Task: Output the full listing verbatim.
----- Stored data -----
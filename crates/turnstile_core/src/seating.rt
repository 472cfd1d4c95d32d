//! How seats are made at a turnstile, and what they tell.
ghost use Rattle.std.specs.Prelude.{◌≡◌, ℕ, ◌<◌, ◌≤◌, [], ◌∷◌, IfOk, IfErr};
ghost use Rattle.turnstile_core.specs.Seats.{name_of, turnstile_of, past, stage, IsFree};
ghost use Rattle.turnstile_core.specs.Steps.{fresh_past, saw, gave_one, newcomer};

use crate::gate::Gate;
use crate::kept::Kept;
use crate::seat::{Returned, Seat};
use crate::turnstile::Turnstile;
use atomic_table::{Refused, Table};
use std::alloc::Global;
use std::snapshot::Snapshot;

impl<T: Kept> Turnstile<T> {
    /// A turnstile that keeps this value, with the seat of number 0. `Returned`: there was no memory.
    pub fn new(alloc: Global, value: T) -> Result<(Turnstile<T>, Seat<T>), Returned<T>>
        requires empty { T.list value ≡ [] }
        requires zeros { (n : ℕ) → T.tally value n ≡ 0 }
        requires settled { T.settled value }
        ensures own { IfOk result (λ made. turnstile_of made.1 ≡ name_of made.0) }
        ensures free { IfOk result (λ made. IsFree made.1) }
        ensures seat { IfOk result (λ made. past made.1 ≡ fresh_past (value ∷ [])) }
        ensures returned { IfErr result (λ back. back.0 ≡ value) }
    {
        let about = Snapshot::of(&value);
        let words = [0, 0, value.entries(), value.shown()];
        let mut slots = Vec::new(alloc);
        if let Err(failed) = slots.push(Some(value)) {
            slots.destroy_empty();
            let Some(value) = failed.value else {
                unreachable!()
            };
            return Err(Returned(value));
        }
        match Table::new(alloc, &words, slots, &about) {
            Ok((table, token)) => {
                let gate = Gate::new();
                Ok((Turnstile { table, gate }, Seat { token, front: 0 }))
            }
            Err(Refused { mut slots }) => {
                let last = slots.pop().unwrap();
                slots.destroy_empty();
                let Some(value) = last else { unreachable!() };
                Err(Returned(value))
            }
        }
    }

    /// A seat with the next number, which has seen as much as this one and has no entries.
    pub fn split(&self, seat: &mut Seat<T>) -> Seat<T>
        requires own { turnstile_of seat.old ≡ name_of self.now }
        requires first { (past seat.old).number ≡ 0 }
        requires room { (past seat.old).given < 16 }
        ensures own { turnstile_of seat.new ≡ turnstile_of seat.old }
        ensures stage { stage seat.new ≡ stage seat.old }
        ensures seat { past seat.new ≡ gave_one (past seat.old) }
        ensures new_own { turnstile_of result ≡ turnstile_of seat.old }
        ensures new_free { IsFree result }
        ensures new { past result ≡ newcomer (past seat.old) }
    {
        let token = self.split_off(&mut seat.token);
        Seat {
            token,
            front: seat.front,
        }
    }

    /// How many entries are shown, without a turn.
    pub fn look(&self, seat: &mut Seat<T>) -> u64
        requires own { turnstile_of seat.old ≡ name_of self.now }
        ensures own { turnstile_of seat.new ≡ turnstile_of seat.old }
        ensures stage { stage seat.new ≡ stage seat.old }
        ensures rises { (past seat.old).shown ≤ result }
        ensures seat { past seat.new ≡ saw (past seat.old) result }
    {
        let shown = self.look_at_shown(&mut seat.token);
        seat.front = seat.front.max(shown);
        shown
    }
}

impl<T: Kept> Seat<T> {
    /// The greatest number of entries that the seat knows of.
    pub fn front(&self) -> u64
        ensures { result ≡ (past self.now).front }
    {
        self.front
    }
}
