//! Identifiers and names.

use crate::values::schema;
use feature_values::{FeatureType, Schema, read_rid, without_prefix};
use std::alloc::Global;
use wfs_ends::Mem;

static IDS: [(&str, Option<(u32, u64)>); 20] = [
    ("Mark.1", Some((0, 1))),
    ("Field.20", Some((1, 20))),
    (
        "Mark.18446744073709551615",
        Some((0, 18_446_744_073_709_551_615)),
    ),
    ("Mark.18446744073709551616", None),
    ("Mark.0", None),
    ("Mark.00", None),
    ("Mark.01", None),
    ("Mark.\u{661}", None),
    ("Mark.+1", None),
    ("Mark.-1", None),
    ("Mark. 1", None),
    ("Mark.1 ", None),
    ("Mark.", None),
    ("Mark", None),
    ("Mark.1.2", None),
    ("mark.1", None),
    ("m:Mark.1", None),
    ("Marks.1", None),
    (".1", None),
    ("", None),
];

fn is_id(schema: &Schema, text: &str, id: Option<(u32, u64)>) -> bool {
    match (read_rid(schema, text), id) {
        (Some(read), Some(wanted)) => read.kind == wanted.0 && read.number == wanted.1,
        (None, None) => true,
        _ => false,
    }
}

// The first text of `IDS` that is read as something else.
fn misread_id(alloc: Global) -> Mem<Option<&'static str>> {
    let schema = schema(alloc)?;
    for row in IDS.iter() {
        let (text, id) = *row;
        if !is_id(&schema, text, id) {
            return Ok(Some(text));
        }
    }
    Ok(None)
}

#[test]
fn reads_identifiers(rt: HostRuntime) {
    assert_eq!(rt; misread_id(rt.alloc()), Ok(None));
}

static NAMES: [(&str, &str); 5] = [
    ("m:Mark", "Mark"),
    ("Mark", "Mark"),
    (":Mark", "Mark"),
    ("a:b:c", "b:c"),
    ("m:", ""),
];

// The first name of `NAMES` that has another local name.
fn misread_name() -> Option<&'static str> {
    for row in NAMES.iter() {
        let (name, local) = *row;
        if without_prefix(name) != local {
            return Some(name);
        }
    }
    None
}

#[test]
fn takes_prefixes_off(rt: HostRuntime) {
    assert_eq!(rt; misread_name(), None);
}

// Whether a mark's properties are found by their names.
fn are_properties_found(of_type: &FeatureType) -> bool {
    of_type.property_named("Size") == Some(1) && of_type.property_named("place") == Some(2)
}

// Whether a property is found by its name alone, in the case in which it is written (XML names differ by case).
fn are_properties_named(of_type: &FeatureType) -> bool {
    of_type.property_named("Mark").is_none()
        && of_type.property_named("Place").is_none()
        && of_type.property_named("size").is_none()
        && (of_type.properties.items().is_empty() || are_properties_found(of_type))
}

fn are_names_found(alloc: Global) -> Mem<bool> {
    let schema = schema(alloc)?;
    for of_type in schema.types.items() {
        if !are_properties_named(of_type) {
            return Ok(false);
        }
    }
    Ok(schema.type_named("Field") == Some(1))
}

#[test]
fn finds_names(rt: HostRuntime) {
    assert_eq!(rt; are_names_found(rt.alloc()), Ok(true));
}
-----
Task response:
filename crates/turnstile_core/src/seating.rt
repository 472cfd1d4c95d32d
//! How seats are made at a turnstile, and what they tell.
ghost use Rattle.std.specs.Prelude.{◌≡◌, ℕ, ◌<◌, ◌≤◌, [], ◌∷◌, IfOk, IfErr};
ghost use Rattle.turnstile_core.specs.Seats.{name_of, turnstile_of, past, stage, IsFree};
ghost use Rattle.turnstile_core.specs.Steps.{fresh_past, saw, gave_one, newcomer};

use crate::gate::Gate;
use crate::kept::Kept;
use crate::seat::{Returned, Seat};
use crate::turnstile::Turnstile;
use atomic_table::{Refused, Table};
use std::alloc::Global;
use std::snapshot::Snapshot;

impl<T: Kept> Turnstile<T> {
    /// A turnstile that keeps this value, with the seat of number 0. `Returned`: there was no memory.
    pub fn new(alloc: Global, value: T) -> Result<(Turnstile<T>, Seat<T>), Returned<T>>
        requires empty { T.list value ≡ [] }
        requires zeros { (n : ℕ) → T.tally value n ≡ 0 }
        requires settled { T.settled value }
        ensures own { IfOk result (λ made. turnstile_of made.1 ≡ name_of made.0) }
        ensures free { IfOk result (λ made. IsFree made.1) }
        ensures seat { IfOk result (λ made. past made.1 ≡ fresh_past (value ∷ [])) }
        ensures returned { IfErr result (λ back. back.0 ≡ value) }
    {
        let about = Snapshot::of(&value);
        let words = [0, 0, value.entries(), value.shown()];
        let mut slots = Vec::new(alloc);
        if let Err(failed) = slots.push(Some(value)) {
            slots.destroy_empty();
            let Some(value) = failed.value else {
                unreachable!()
            };
            return Err(Returned(value));
        }
        match Table::new(alloc, &words, slots, &about) {
            Ok((table, token)) => {
                let gate = Gate::new();
                Ok((Turnstile { table, gate }, Seat { token, front: 0 }))
            }
            Err(Refused { mut slots }) => {
                let last = slots.pop().unwrap();
                slots.destroy_empty();
                let Some(value) = last else { unreachable!() };
                Err(Returned(value))
            }
        }
    }

    /// A seat with the next number, which has seen as much as this one and has no entries.
    pub fn split(&self, seat: &mut Seat<T>) -> Seat<T>
        requires own { turnstile_of seat.old ≡ name_of self.now }
        requires first { (past seat.old).number ≡ 0 }
        requires room { (past seat.old).given < 16 }
        ensures own { turnstile_of seat.new ≡ turnstile_of seat.old }
        ensures stage { stage seat.new ≡ stage seat.old }
        ensures seat { past seat.new ≡ gave_one (past seat.old) }
        ensures new_own { turnstile_of result ≡ turnstile_of seat.old }
        ensures new_free { IsFree result }
        ensures new { past result ≡ newcomer (past seat.old) }
    {
        let token = self.split_off(&mut seat.token);
        Seat {
            token,
            front: seat.front,
        }
    }

    /// How many entries are shown, without a turn.
    pub fn look(&self, seat: &mut Seat<T>) -> u64
        requires own { turnstile_of seat.old ≡ name_of self.now }
        ensures own { turnstile_of seat.new ≡ turnstile_of seat.old }
        ensures stage { stage seat.new ≡ stage seat.old }
        ensures rises { (past seat.old).shown ≤ result }
        ensures seat { past seat.new ≡ saw (past seat.old) result }
    {
        let shown = self.look_at_shown(&mut seat.token);
        seat.front = seat.front.max(shown);
        shown
    }
}

impl<T: Kept> Seat<T> {
    /// The greatest number of entries that the seat knows of.
    pub fn front(&self) -> u64
        ensures { result ≡ (past self.now).front }
    {
        self.front
    }
}
//! Identifiers and names.

use crate::values::schema;
use feature_values::{FeatureType, Schema, read_rid, without_prefix};
use std::alloc::Global;
use wfs_ends::Mem;

static IDS: [(&str, Option<(u32, u64)>); 20] = [
    ("Mark.1", Some((0, 1))),
    ("Field.20", Some((1, 20))),
    (
        "Mark.18446744073709551615",
        Some((0, 18_446_744_073_709_551_615)),
    ),
    ("Mark.18446744073709551616", None),
    ("Mark.0", None),
    ("Mark.00", None),
    ("Mark.01", None),
    ("Mark.\u{661}", None),
    ("Mark.+1", None),
    ("Mark.-1", None),
    ("Mark. 1", None),
    ("Mark.1 ", None),
    ("Mark.", None),
    ("Mark", None),
    ("Mark.1.2", None),
    ("mark.1", None),
    ("m:Mark.1", None),
    ("Marks.1", None),
    (".1", None),
    ("", None),
];

fn is_id(schema: &Schema, text: &str, id: Option<(u32, u64)>) -> bool {
    match (read_rid(schema, text), id) {
        (Some(read), Some(wanted)) => read.kind == wanted.0 && read.number == wanted.1,
        (None, None) => true,
        _ => false,
    }
}

// The first text of `IDS` that is read as something else.
fn misread_id(alloc: Global) -> Mem<Option<&'static str>> {
    let schema = schema(alloc)?;
    for row in IDS.iter() {
        let (text, id) = *row;
        if !is_id(&schema, text, id) {
            return Ok(Some(text));
        }
    }
    Ok(None)
}

#[test]
fn reads_identifiers(rt: HostRuntime) {
    assert_eq!(rt; misread_id(rt.alloc()), Ok(None));
}

static NAMES: [(&str, &str); 5] = [
    ("m:Mark", "Mark"),
    ("Mark", "Mark"),
    (":Mark", "Mark"),
    ("a:b:c", "b:c"),
    ("m:", ""),
];

// The first name of `NAMES` that has another local name.
fn misread_name() -> Option<&'static str> {
    for row in NAMES.iter() {
        let (name, local) = *row;
        if without_prefix(name) != local {
            return Some(name);
        }
    }
    None
}

#[test]
fn takes_prefixes_off(rt: HostRuntime) {
    assert_eq!(rt; misread_name(), None);
}

// Whether a mark's properties are found by their names.
fn are_properties_found(of_type: &FeatureType) -> bool {
    of_type.property_named("Size") == Some(1) && of_type.property_named("place") == Some(2)
}

// Whether a property is found by its name alone, in the case in which it is written (XML names differ by case).
fn are_properties_named(of_type: &FeatureType) -> bool {
    of_type.property_named("Mark").is_none()
        && of_type.property_named("Place").is_none()
        && of_type.property_named("size").is_none()
        && (of_type.properties.items().is_empty() || are_properties_found(of_type))
}

fn are_names_found(alloc: Global) -> Mem<bool> {
    let schema = schema(alloc)?;
    for of_type in schema.types.items() {
        if !are_properties_named(of_type) {
            return Ok(false);
        }
    }
    Ok(schema.type_named("Field") == Some(1))
}

#[test]
fn finds_names(rt: HostRuntime) {
    assert_eq!(rt; are_names_found(rt.alloc()), Ok(true));
}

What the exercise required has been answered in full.